Figure 7: Schematic plot of blackberry structure formed by POM{Mo154}. A single layer
of POMs are evenly distributed on the blackberry surface and its hollow spherical
structure was confirmed by DLS, SLS and Zimm plot. Copyright 2003 Nature Publishing
Group.
8
Extra salt like K+ or Rb+ can screen electrostatic interaction and adjust attractive
force, leading to reversible change in blackberry size.23 Except for this, salt can also
kinetically slow down the formation process and bring a significant lag phase at the
beginning of the macrion self-assembly (figure 8). The lag phase refers to the slow
formation of oligomer nucleus; once the amount of the rate-limiting nucleus has reached
a critical value, subsequent oligomers or monomers are quickly added to the growing
assembly structures at a time until it is complete 2.

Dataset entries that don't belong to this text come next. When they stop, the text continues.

// The reply of a build, and why a line isn't answered.
ghost use Rattle.std.specs.Prelude.{◌≡◌, IfOk};
ghost use Rattle.carte_report.specs.Reply.{listed_lines, ran_lines};
ghost use Rattle.carte_shell.specs.Replies.{build_reply, said};
ghost use Rattle.carte_shell.specs.Stopping.{fault_of};

use crate::Reply;
use carte_engine::{Answer, ApplyFault, Built, Ran};
use carte_report::reply;
use carte_session::StepEnd;
use carte_value::{Names, NoMemory};
use std::alloc::Global;

/// The reply of a build, and what the build has made, where it has.
pub(crate) fn build_reply(
    alloc: Global,
    list: bool,
    targets: &Names,
    answer: Answer,
) -> Result<(Reply, Option<Built>), NoMemory>
    ensures { IfOk result (λ r. said r.0 ≡ build_reply list targets.now answer) }
{
    match answer {
        Answer::Built(built) => {
            let listed = listed(alloc, list, &built.ran)?;
            let text = reply(
                alloc,
                targets,
                &built.values,
                &listed,
                built.ran.len() as u64,
                built.given_up,
                built.reused,
            )?;
            Ok((Reply::plain(text), Some(built)))
        }
        Answer::Refused(reason, _) => Ok((Reply::refusal(alloc, reason)?, None)),
    }
}

// The names of the rules that ran, where they are to be listed.
fn listed(alloc: Global, list: bool, ran: &Ran) -> Result<Names, NoMemory>
    ensures { IfOk result (λ names. ran_lines names ≡ listed_lines list ran.now) }
{
    if list {
        ran.names(alloc)
    } else {
        Ok(Names::new(alloc))
    }
}

pub(crate) fn stopped(fault: ApplyFault) -> StepEnd
    ensures { fault_of result ≡ fault }
{
    match fault {
        ApplyFault::DiskFault => StepEnd::DiskFault,
        ApplyFault::Full { needed, limit } => StepEnd::StateFull(needed, limit),
        ApplyFault::NoMemory => StepEnd::NoMemory,
    }
}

Figure 8: Comparison of scattered intensity increment of two {Mo72Fe30} samples: full
circle represents {Mo72Fe30}with 0.9 wt % NaCl; empty square refers to salt-free
solutions. Copyright 2009 American Chemical Society.
Besides, POM macroions exhibit a lot of wisdom in selecting the right partners
during the self-assembly. For example, {Mo72Cr30} and {Mo72Fe30} can both form into
blackberries independently with different radiuses. When mixed together, however, they
can still recognize the oligomers of their own type and grow into blackberries of two
9
sizes, each equal to that formed in pure solution of their own 24. Chiral recognition of two
enantiomeric wheel-shaped macroanions was also reported, along with the achievement
of chiral separation, which means chiral co-anions are able to selectively suppress the
aggregation of one of the enantiomers.25
All these studies show that POM macroions self-assembly is a controllable selective
process, sharing some similarities with bio macromolecules in building virus capsid.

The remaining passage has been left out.